Wednesday, March 3, 2010

The Invisible Entrepreneurs

Joanne Lenweaver, our director of the Women Inspiring the Spirit of Entrepreneurship (WISE) Center, gave me a great article by Nan Langowitz, Associate Professor of Management and the Director and Cofounder, Center for Women's Leadership at Babson College. The article is Myths and Realities of Women Entrepreneurs, and here are the opening two paragraphs:

Quick, think of an entrepreneur! Did you think of Michael Dell or Sam Walton or Ben and Jerry? But what about Anita Roddick (The Body Shop) or Sandy Lerner (Cisco) or Kay Koplovitz (USA Networks)? In three separate studies of women entrepreneurs I’ve conducted over the past few years, we’ve learned a good deal more than what the business press imparts. In a research study completed last year, we studied the coverage of women entrepreneurs in the business press. The most immediate finding was that coverage is extremely low. Indeed, other scholars have coined the phrase "the invisible entrepreneurs" to describe media coverage of women business founders and their companies.

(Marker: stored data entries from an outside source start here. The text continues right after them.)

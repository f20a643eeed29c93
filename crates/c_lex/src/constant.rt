ghost use Rattle.std.specs.Prelude.{◌≡◌, ◌^◌, ◌<◌, ◌≤◌, pos, length, false};
ghost use Rattle.std.specs.List.{find};
ghost use Rattle.std.specs.Option.{option_map};
ghost use Rattle.std.specs.Option.{SomeIff};
ghost use Rattle.std.specs.Char.{digit_value};
ghost use Rattle.std.specs.Str.Parse.{digits_value};
ghost use Rattle.ak_words.specs.IntType.{is_held};
ghost use Rattle.c_lex.specs.Constants.{is_exponent, goes_on, number_len, base_of, prefix_of, radix_of, is_digit_of, suffix_of, decimal_types, other_types, types_of, constant_of, is_floating_byte, no_constant, number_of};
ghost use Rattle.c_lex.specs.inner.Classes.{is_in};

use crate::byte::{Class, run_len};
use crate::refusal::Kind;
use ak_words::{IntType, Num};

/// The base of an integer constant.
#[derive(Clone, Copy)]
pub enum Base {
    Decimal,
    Octal,
    Hexadecimal,
}

/// The suffix of an integer constant, by what it says.
#[derive(Clone, Copy)]
pub enum Suffix {
    Plain,
    /// `u`
    Unsigned,
    /// `l` or `ll`
    Long,
    /// Both.
    UnsignedLong,
}

/// Whether a byte is an exponent's letter, after which a sign goes on with a number.
fn is_exponent(byte: u8) -> bool
    ensures { result ≡ is_exponent byte }
{
    matches!(byte, b'e' | b'E' | b'p' | b'P')
}

/// Whether a byte goes on with a number.
fn goes_on(after_exponent: bool, byte: u8) -> bool
    ensures { result ≡ goes_on after_exponent byte }
{
    Class::Name.has(byte) || byte == b'.' || after_exponent && matches!(byte, b'+' | b'-')
}

/// How far a number goes (C11 6.4.8).
pub(crate) fn number_len(bytes: &[u8]) -> usize
    ensures len { result ≡ number_len false bytes.now }
    ensures within { result ≤ length bytes.now }
{
    let mut after_exponent = false;
    for (i, byte) in bytes.iter().enumerate() {
        if !goes_on(after_exponent, *byte) {
            return i;
        }
        after_exponent = is_exponent(*byte);
    }
    bytes.len()
}

/// The base of a number.
#[tactic(auto, unfolding(crate::specs::Constants::base_of))]
fn base_of(run: &[u8]) -> Base
    ensures base { result ≡ base_of run.now }
    ensures within { prefix_of result ≤ length run.now }
{
    if run.starts_with(b"0x") || run.starts_with(b"0X") {
        Base::Hexadecimal
    } else if run.starts_with(b"0") {
        Base::Octal
    } else {
        Base::Decimal
    }
}

impl Base {
    /// How many bytes stand before the digits.
    fn prefix_len(self) -> usize
        ensures { result ≡ prefix_of self }
    {
        match self {
            Base::Decimal | Base::Octal => 0,
            Base::Hexadecimal => 2,
        }
    }

    /// How many digits there are.
    fn radix(self) -> u8
        ensures { result ≡ radix_of self }
    {
        match self {
            Base::Decimal => 10,
            Base::Octal => 8,
            Base::Hexadecimal => 16,
        }
    }

    /// The class of the digits.
    fn digits(self) -> Class
        ensures { is_in result ≡ is_digit_of self }
    {
        match self {
            Base::Decimal => Class::Digit,
            Base::Octal => Class::OctalDigit,
            Base::Hexadecimal => Class::HexDigit,
        }
    }
}

/// What a suffix says, if it is one.
#[tactic(auto, unfolding(crate::specs::Constants::suffix_of))]
fn suffix_of(bytes: &[u8]) -> Option<Suffix>
    ensures { result ≡ suffix_of bytes.now }
{
    match bytes {
        b"" => Some(Suffix::Plain),
        b"u" | b"U" => Some(Suffix::Unsigned),
        b"l" | b"L" | b"ll" | b"LL" => Some(Suffix::Long),
        b"ul"
        | b"uL"
        | b"ull"
        | b"uLL"
        | b"Ul"
        | b"UL"
        | b"Ull"
        | b"ULL"
        | b"lu"
        | b"lU"
        | b"Lu"
        | b"LU"
        | b"llu"
        | b"llU"
        | b"LLu"
        | b"LLU" => Some(Suffix::UnsignedLong),
        _ => None,
    }
}

/// What a byte is worth as a digit; 36 where it is none.
fn digit_value(byte: u8) -> u8
    ensures { result ≡ digit_value byte }
{
    match byte {
        b'0'..=b'9' => byte - b'0',
        b'A'..=b'Z' => byte - b'A' + 10,
        b'a'..=b'z' => byte - b'a' + 10,
        _ => 36,
    }
}

/// The value of digits, if 64 bits hold it.
pub(crate) fn value_of(radix: u8, digits: &[u8]) -> Option<u64>
    requires { 0 < radix }
    ensures { SomeIff result (digits_value radix digits.now < 2 ^ 64) (digits_value radix digits.now) }
{
    let mut value: u64 = 0;
    for digit in digits {
        value = value
            .checked_mul(u64::from(radix))?
            .checked_add(u64::from(digit_value(*digit)))?;
    }
    Some(value)
}

/// The first of the types that holds the value.
fn first_holding(types: &[IntType], value: u64) -> Option<IntType>
    ensures { result ≡ find (λ t. is_held t (pos value)) types.now }
{
    for ty in types {
        if ty.holds(i128::from(value)) {
            return Some(*ty);
        }
    }
    None
}

/// The type of a decimal constant: the first that holds its value, of those that it may have (C11 6.4.4.1).
fn decimal_type(suffix: Suffix, value: u64) -> Option<IntType>
    ensures { result ≡ find (λ t. is_held t (pos value)) (decimal_types suffix) }
{
    let long = IntType::long();
    let unsigned_long = IntType::unsigned_long();
    match suffix {
        Suffix::Plain => first_holding(&[IntType::int(), long], value),
        Suffix::Unsigned => first_holding(&[IntType::unsigned_int(), unsigned_long], value),
        Suffix::Long => first_holding(&[long], value),
        Suffix::UnsignedLong => first_holding(&[unsigned_long], value),
    }
}

/// The same of an octal or hexadecimal constant.
fn other_type(suffix: Suffix, value: u64) -> Option<IntType>
    ensures { result ≡ find (λ t. is_held t (pos value)) (other_types suffix) }
{
    let unsigned = IntType::unsigned_int();
    let long = IntType::long();
    let unsigned_long = IntType::unsigned_long();
    match suffix {
        Suffix::Plain => first_holding(&[IntType::int(), unsigned, long, unsigned_long], value),
        Suffix::Unsigned => first_holding(&[unsigned, unsigned_long], value),
        Suffix::Long => first_holding(&[long, unsigned_long], value),
        Suffix::UnsignedLong => first_holding(&[unsigned_long], value),
    }
}

/// The type of a constant.
fn type_of(base: Base, suffix: Suffix, value: u64) -> Option<IntType>
    ensures { result ≡ find (λ t. is_held t (pos value)) (types_of base suffix) }
{
    match base {
        Base::Decimal => decimal_type(suffix, value),
        Base::Octal | Base::Hexadecimal => other_type(suffix, value),
    }
}

/// What digits in a base with a suffix stand for, if a type holds it.
#[tactic(auto, unfolding(crate::specs::Constants::constant_of))]
fn constant_of(base: Base, suffix: Suffix, digits: &[u8]) -> Option<Num>
    ensures { result ≡ constant_of base suffix digits.now }
{
    let value = value_of(base.radix(), digits)?;
    let ty = type_of(base, suffix, value)?;
    Some(Num::from_bits(ty, value))
}

/// Whether the byte makes a number a floating constant.
fn is_floating_byte(base: Base, byte: u8) -> bool
    ensures { result ≡ is_floating_byte base byte }
{
    match base {
        Base::Decimal | Base::Octal => matches!(byte, b'.' | b'e' | b'E'),
        Base::Hexadecimal => matches!(byte, b'.' | b'p' | b'P'),
    }
}

/// Why a number that is no integer constant is refused.
#[tactic(auto, unfolding(crate::specs::Constants::no_constant))]
fn no_constant(base: Base, run: &[u8]) -> Kind
    ensures { result ≡ no_constant base run.now }
{
    for byte in run {
        if is_floating_byte(base, *byte) {
            return Kind::OutsideSubset(2);
        }
    }
    Kind::UnexpectedToken
}

/// What a number's bytes stand for: an integer constant, or why not (C11 6.4.4.1).
#[tactic(auto, unfolding(crate::specs::Constants::number_of))]
pub(crate) fn number_of(run: &[u8]) -> Result<Num, Kind>
    ensures { result ≡ number_of run.now }
{
    let base = base_of(run);
    let body = &run[base.prefix_len()..];
    let len = run_len(base.digits(), body);
    let (digits, rest) = body.split_at(len);
    match suffix_of(rest) {
        Some(suffix) if len != 0 => constant_of(base, suffix, digits).ok_or(Kind::NumberTooWide),
        _ => Err(no_constant(base, run)),
    }
}
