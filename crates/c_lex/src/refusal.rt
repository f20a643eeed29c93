ghost use Rattle.std.specs.Prelude.{◌≡◌};
ghost use Rattle.c_lex.specs.declared.refusal.CompileFault.TheVariants.{NoMemory};

use std::alloc::{AllocError, AllocFailed};
use thiserror::Error;

/// Why a text is refused, one kind for each cause that this project's profile of C11 names.
#[derive(Clone, Copy, Debug, PartialEq, Eq)]
pub enum Kind {
    /// Bytes that begin no token, white space, comment or directive.
    BadByte,
    /// A literal or comment without its end.
    OpenLiteral,
    /// A constant that fits no type.
    NumberTooWide,
    /// The first token up to which, itself included, the tokens begin no file.
    UnexpectedToken,
    /// Nested deeper than 128 levels.
    TooDeep,
    /// A name that isn't declared where it is used.
    UnknownName,
    /// A second declaration of a name in one scope.
    DoubleName,
    /// Types that don't fit their use.
    TypeMismatch,
    /// Something is assigned that is no lvalue.
    NotAnLvalue,
    /// A size that isn't one.
    BadSize,
    /// A feature outside the subset; 0 is a form that isn't built yet.
    OutsideSubset(u8),
    /// More bytes than a text may have.
    TooLong,
    /// More things of one sort than a text may have.
    TooMany(u8),
}

/// One refusal: where, as a byte offset from 0, and why.
#[derive(Clone, Copy, Debug, PartialEq, Eq)]
pub struct Refusal {
    pub place: u32,
    pub kind: Kind,
}

/// Why a phase of the compiler gives nothing.
#[derive(Clone, Copy, Debug, PartialEq, Eq, Error)]
pub enum CompileFault {
    #[error("{kind:?} at byte {place}", kind = .0.kind, place = .0.place)]
    Refused(Refusal),
    /// Want of memory, which no clause ties to a cause.
    #[error("out of memory")]
    NoMemory,
}

impl From<AllocError> for CompileFault {
    ghost from_gives = { λ _ fault. fault ≡ NoMemory };

    fn from(_error: AllocError) -> CompileFault {
        CompileFault::NoMemory
    }
}

impl<T: Drop> From<AllocFailed<T>> for CompileFault {
    ghost from_gives = { λ _ fault. fault ≡ NoMemory };

    fn from(_error: AllocFailed<T>) -> CompileFault {
        CompileFault::NoMemory
    }
}
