ghost use Rattle.std.specs.Prelude.{◌≡◌, ◌≤◌, length};
ghost use Rattle.c_lex.specs.Directives.{is_line_end, headers, is_header, is_include, has_form, define_of, directive_named, directive_of};
ghost use Rattle.c_lex.specs.inner.Spans.{IsInside};

use crate::byte::{Class, begins, past};
use crate::constant::{number_len, number_of};
use crate::item::Item;
use crate::refusal::Kind;
use ak_words::Num;

/// A line `#define NAME N`, by what stands where, offsets from its `#`.
#[derive(Clone, Copy)]
pub struct Define {
    pub name_from: usize,
    pub name_to: usize,
    pub number_from: usize,
    /// The number, if some type holds it.
    pub value: Option<Num>,
}

/// The headers that a program may include.
const HEADERS: [&[u8]; 6] = [
    b"<stdio.h>",
    b"<stdlib.h>",
    b"<string.h>",
    b"<stddef.h>",
    b"<threads.h>",
    b"<stdatomic.h>",
];

/// A directive of another form.
const OTHER: Item = Item::Fault(Kind::OutsideSubset(1));

/// Whether from the place on stands white space, and then nothing or a `//` comment.
#[tactic(auto, unfolding(crate::specs::Directives::is_line_end))]
fn is_line_end(line: &[u8], from: usize) -> bool
    requires { from ≤ length line.now }
    ensures { result ≡ is_line_end line.now from }
{
    let rest = &line[past(Class::White, line, from)..];
    rest.is_empty() || rest.starts_with(b"//")
}

/// Whether a header goes from the one place to the `>` at the other, and then the line ends.
#[tactic(auto, unfolding(crate::specs::Directives::is_header, crate::specs::Directives::headers))]
fn is_header(line: &[u8], from: usize, to: usize) -> bool
    requires { from ≤ to }
    ensures { result ≡ is_header line.now from to }
{
    to < line.len() && HEADERS.contains(&&line[from..to + 1]) && is_line_end(line, to + 1)
}

/// Whether what stands behind `include` is a header.
#[tactic(auto, unfolding(crate::specs::Directives::is_include))]
fn is_include(line: &[u8], from: usize) -> bool
    requires { from ≤ length line.now }
    ensures { result ≡ is_include line.now from }
{
    let header_from = past(Class::White, line, from);
    let header_to = past(Class::BeforeBracket, line, header_from);
    is_header(line, header_from, header_to)
}

/// Whether a letter begins the name and a digit the number, and the line ends behind it.
#[tactic(auto, unfolding(crate::specs::Directives::has_form))]
fn has_form(line: &[u8], name_from: usize, number_from: usize, number_to: usize) -> bool
    requires name { name_from ≤ length line.now }
    requires number { number_from ≤ length line.now }
    requires end { number_to ≤ length line.now }
    ensures { result ≡ has_form line.now name_from number_from number_to }
{
    begins(Class::Letter, &line[name_from..])
        && begins(Class::Digit, &line[number_from..])
        && is_line_end(line, number_to)
}

/// What stands behind `define`: a name and a number.
#[tactic(auto, unfolding(crate::specs::Directives::define_of))]
fn define_of(line: &[u8], from: usize) -> Item
    requires { from ≤ length line.now }
    ensures value { result ≡ define_of line.now from }
    ensures inside { IsInside (length line.now) result }
{
    let name_from = past(Class::White, line, from);
    let name_to = past(Class::Name, line, name_from);
    let number_from = past(Class::White, line, name_to);
    let number_to = number_from + number_len(&line[number_from..]);
    if !has_form(line, name_from, number_from, number_to) {
        return OTHER;
    }
    let value = match number_of(&line[number_from..number_to]) {
        Ok(n) => Some(n),
        Err(Kind::NumberTooWide) => None,
        Err(_) => return OTHER,
    };
    Item::Define(Define {
        name_from,
        name_to,
        number_from,
        value,
    })
}

/// The directive whose name goes from the one place of its line to the other.
#[tactic(auto, unfolding(crate::specs::Directives::directive_named))]
fn directive_named(line: &[u8], from: usize, to: usize) -> Item
    requires ordered { from ≤ to }
    requires within { to ≤ length line.now }
    ensures value { result ≡ directive_named line.now from to }
    ensures inside { IsInside (length line.now) result }
{
    let name = &line[from..to];
    if name == b"include".as_slice() {
        if is_include(line, to) {
            Item::Blank
        } else {
            OTHER
        }
    } else if name == b"define".as_slice() {
        define_of(line, to)
    } else {
        OTHER
    }
}

/// The directive on a line, which begins with its `#` (C11 6.10).
#[tactic(auto, unfolding(crate::specs::Directives::directive_of))]
pub(crate) fn directive_of(line: &[u8]) -> Item
    requires { 1 ≤ length line.now }
    ensures value { result ≡ directive_of line.now }
    ensures inside { IsInside (length line.now) result }
{
    let from = past(Class::White, line, 1);
    let to = past(Class::Name, line, from);
    directive_named(line, from, to)
}
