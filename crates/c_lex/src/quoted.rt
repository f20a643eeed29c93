ghost use Rattle.std.specs.Prelude.{◌≡◌, ◌+◌, ◌<◌, ◌≤◌, ◌^◌, ◌==◌, length, false, IfOk, IfSome};
ghost use Rattle.std.specs.Option.{option_map};
ghost use Rattle.std.specs.Map.{lookup};
ghost use Rattle.std.specs.Result.{result_ok, result_err};
ghost use Rattle.std.specs.Str.Parse.{digits_value};
ghost use Rattle.c_lex.specs.Quoted.{closing, simple_escapes, byte_of_value, octal_escape, hex_escape, escape, character_at, characters_of, is_too_wide, is_unknown, bytes_of, string_of, char_value, char_of};

use crate::byte::{Class, run_len};
use crate::constant::value_of;
use crate::refusal::Kind;
use ak_words::{IntType, NoMemory, Num, convert};
use std::alloc::Global;

/// What one character of a literal stands for.
#[derive(Clone, Copy)]
pub enum Character {
    Byte(u8),
    /// An escape with a value above 255.
    TooWide,
    /// An escape that there isn't.
    Unknown,
}

/// A character, and how many bytes spell it.
#[derive(Clone, Copy)]
pub struct Spelled {
    pub character: Character,
    pub len: usize,
}

/// How many bytes stand before the closing quote, if it comes before the line ends.
pub(crate) fn closing(quote: u8, bytes: &[u8]) -> Option<usize>
    ensures place { result ≡ closing quote false 0 bytes.now }
    ensures within { IfSome result (λ len. len < length bytes.now) }
{
    let mut hidden = false;
    for (i, byte) in bytes.iter().enumerate() {
        if *byte == b'\n' {
            return None;
        }
        if *byte == quote && !hidden {
            return Some(i);
        }
        hidden = *byte == b'\\' && !hidden;
    }
    None
}

/// The byte that a simple escape stands for, by the letter behind its backslash.
#[tactic(auto, unfolding(crate::specs::Quoted::simple_escapes))]
fn simple_escape(letter: u8) -> Option<u8>
    ensures { result ≡ lookup (λ known. known == letter) simple_escapes }
{
    match letter {
        b'n' => Some(b'\n'),
        b't' => Some(b'\t'),
        b'r' => Some(b'\r'),
        b'a' => Some(7),
        b'b' => Some(8),
        b'f' => Some(12),
        b'v' => Some(11),
        b'\\' | b'\'' | b'"' | b'?' => Some(letter),
        _ => None,
    }
}

/// What the digits of an escape stand for.
#[tactic(auto, unfolding(crate::specs::Quoted::byte_of_value))]
fn numeric_escape(radix: u8, digits: &[u8]) -> Character
    requires { 0 < radix }
    ensures { result ≡ byte_of_value (digits_value radix digits.now) }
{
    match value_of(radix, digits) {
        Some(value) => {
            if value <= 255 {
                Character::Byte(value as u8)
            } else {
                Character::TooWide
            }
        }
        None => Character::TooWide,
    }
}

/// One to three octal digits.
#[tactic(auto, unfolding(crate::specs::Quoted::octal_escape))]
fn octal_escape(bytes: &[u8]) -> Spelled
    ensures value { result ≡ octal_escape bytes.now }
    ensures some { 0 < result.len }
    ensures within { result.len ≤ 1 + length bytes.now }
{
    let len = run_len(Class::OctalDigit, bytes).min(3);
    Spelled {
        character: numeric_escape(8, &bytes[..len]),
        len: 1 + len,
    }
}

/// Hexadecimal digits, behind the `x`.
#[tactic(auto, unfolding(crate::specs::Quoted::hex_escape))]
fn hex_escape(bytes: &[u8]) -> Spelled
    requires { length bytes.now < 2 ^ 63 }
    ensures value { result ≡ hex_escape bytes.now }
    ensures some { 0 < result.len }
    ensures within { result.len ≤ 2 + length bytes.now }
{
    let len = run_len(Class::HexDigit, bytes);
    if len == 0 {
        return Spelled {
            character: Character::Unknown,
            len: 2,
        };
    }
    Spelled {
        character: numeric_escape(16, &bytes[..len]),
        len: 2 + len,
    }
}

/// What an escape stands for, by the bytes behind its backslash.
#[tactic(auto, unfolding(crate::specs::Quoted::escape))]
fn escape(bytes: &[u8]) -> Spelled
    requires { length bytes.now < 2 ^ 63 }
    ensures value { result ≡ escape bytes.now }
    ensures some { 0 < result.len }
    ensures within { result.len ≤ 1 + length bytes.now }
{
    let [letter, rest @ ..] = bytes else {
        return Spelled {
            character: Character::Unknown,
            len: 1,
        };
    };
    if Class::OctalDigit.has(*letter) {
        return octal_escape(bytes);
    }
    if *letter == b'x' {
        return hex_escape(rest);
    }
    Spelled {
        character: simple_escape(*letter).map_or(Character::Unknown, Character::Byte),
        len: 2,
    }
}

/// What the bytes begin with: an escape, or a byte that stands for itself.
#[tactic(auto, unfolding(crate::specs::Quoted::character_at))]
fn character_at(bytes: &[u8]) -> Spelled
    requires { length bytes.now < 2 ^ 63 }
    ensures value { result ≡ character_at bytes.now }
    ensures some { 0 < result.len }
    ensures within { 0 < length bytes.now → result.len ≤ length bytes.now }
{
    match bytes {
        [] => Spelled {
            character: Character::Unknown,
            len: 1,
        },
        [b'\\', rest @ ..] => escape(rest),
        [byte, ..] => Spelled {
            character: Character::Byte(*byte),
            len: 1,
        },
    }
}

impl Character {
    fn is_too_wide(self) -> bool
        ensures { result ≡ is_too_wide self }
    {
        matches!(self, Character::TooWide)
    }

    fn is_unknown(self) -> bool
        ensures { result ≡ is_unknown self }
    {
        matches!(self, Character::Unknown)
    }
}

/// Why a literal is refused, by the bytes between its quotes, if it is.
#[tactic(auto, unfolding(crate::specs::Quoted::string_of))]
pub(crate) fn fault_of(body: &[u8]) -> Option<Kind>
    requires { length body.now < 2 ^ 63 }
    ensures { result ≡ result_err (string_of body.now) }
{
    let mut has_unknown = false;
    let mut place = 0;
    while place < body.len() {
        let next = character_at(&body[place..]);
        if next.character.is_too_wide() {
            return Some(Kind::NumberTooWide);
        }
        has_unknown |= next.character.is_unknown();
        place += next.len;
    }
    if has_unknown {
        Some(Kind::UnexpectedToken)
    } else {
        None
    }
}

/// The value of a character constant of one byte: the byte as a `char`, as an `int`.
#[tactic(auto, unfolding(crate::specs::Quoted::char_value))]
fn char_value(byte: u8) -> Num
    ensures { result ≡ char_value byte }
{
    let char = Num::from_bits(IntType::char(), u64::from(byte));
    convert(char, IntType::int())
}

/// The value of a character constant, by the bytes between its quotes, or why it is refused.
#[tactic(auto, unfolding(crate::specs::Quoted::char_of))]
pub(crate) fn char_of(body: &[u8]) -> Result<Num, Kind>
    requires { length body.now < 2 ^ 63 }
    ensures { result ≡ char_of body.now }
{
    if let Some(kind) = fault_of(body) {
        return Err(kind);
    }
    let first = character_at(body);
    match first.character {
        Character::Byte(byte) => {
            if first.len == body.len() {
                Ok(char_value(byte))
            } else {
                Err(Kind::UnexpectedToken)
            }
        }
        Character::TooWide => Err(Kind::UnexpectedToken),
        Character::Unknown => Err(Kind::UnexpectedToken),
    }
}

/// The bytes that a string stands for, by the bytes between its quotes.
pub(crate) fn bytes_of(alloc: Global, body: &[u8]) -> Result<Vec<u8>, NoMemory>
    requires { length body.now < 2 ^ 63 }
    ensures { IfOk result (λ bytes. bytes.items ≡ bytes_of (characters_of 0 body.now)) }
{
    let mut bytes = Vec::new(alloc);
    let mut place = 0;
    while place < body.len() {
        let next = character_at(&body[place..]);
        if let Character::Byte(byte) = next.character {
            bytes.push(byte)?;
        }
        place += next.len;
    }
    Ok(bytes)
}

/// The bytes that a string stands for, by the bytes between its quotes (C11 6.4.5); none where it is
/// refused.
#[tactic(auto, unfolding(crate::specs::Quoted::string_of))]
pub fn string_bytes(alloc: Global, body: &[u8]) -> Result<Option<Vec<u8>>, NoMemory>
    requires { length body.now < 2 ^ 63 }
    ensures { IfOk result (λ bytes. option_map (λ v. v.items) bytes ≡ result_ok (string_of body.now)) }
{
    if fault_of(body).is_some() {
        return Ok(None);
    }
    Ok(Some(bytes_of(alloc, body)?))
}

The number of women entrepreneurs is increasing at an extraordinary rate, growing at four times the national pace of business formation between 1997 and 2002. Women owned firms now account for nearly 40 percent of U.S. businesses. But just what do we know about women entrepreneurs, and where do we learn it from? For most business people, what they know about women entrepreneurs tends to be what they learned in business school or what they read in the business press

Right after talking about the article with Joanne, I went through my office to find all of the popular business press publications I could find…and guess what, out of 22 publications, only four had a woman on the cover. As I read through Professor Langowitz’s article, I thought about all the fantastic women entrepreneurs that I know…they are in a variety of fields from time share to air conditioning and heating from the head of an ad agency to the head of a modeling agency and everything in between. I know women who run restaurateurs, manufacturing businesses, technology companies, a company that deals with helping you scrapbook your trip and an awesome woman who runs a company helping plastic surgeons do a better job of marketing their services. If I could find these entrepreneurs, I wonder why the popular press can’t.

1 comment:

  1. As entrepreneurs women will experience many wonderful experiences as well as some that are not ideal.However,another added tip would be to just stay consistent and not to turn away when things are not as ideal.Your hard work will pay off.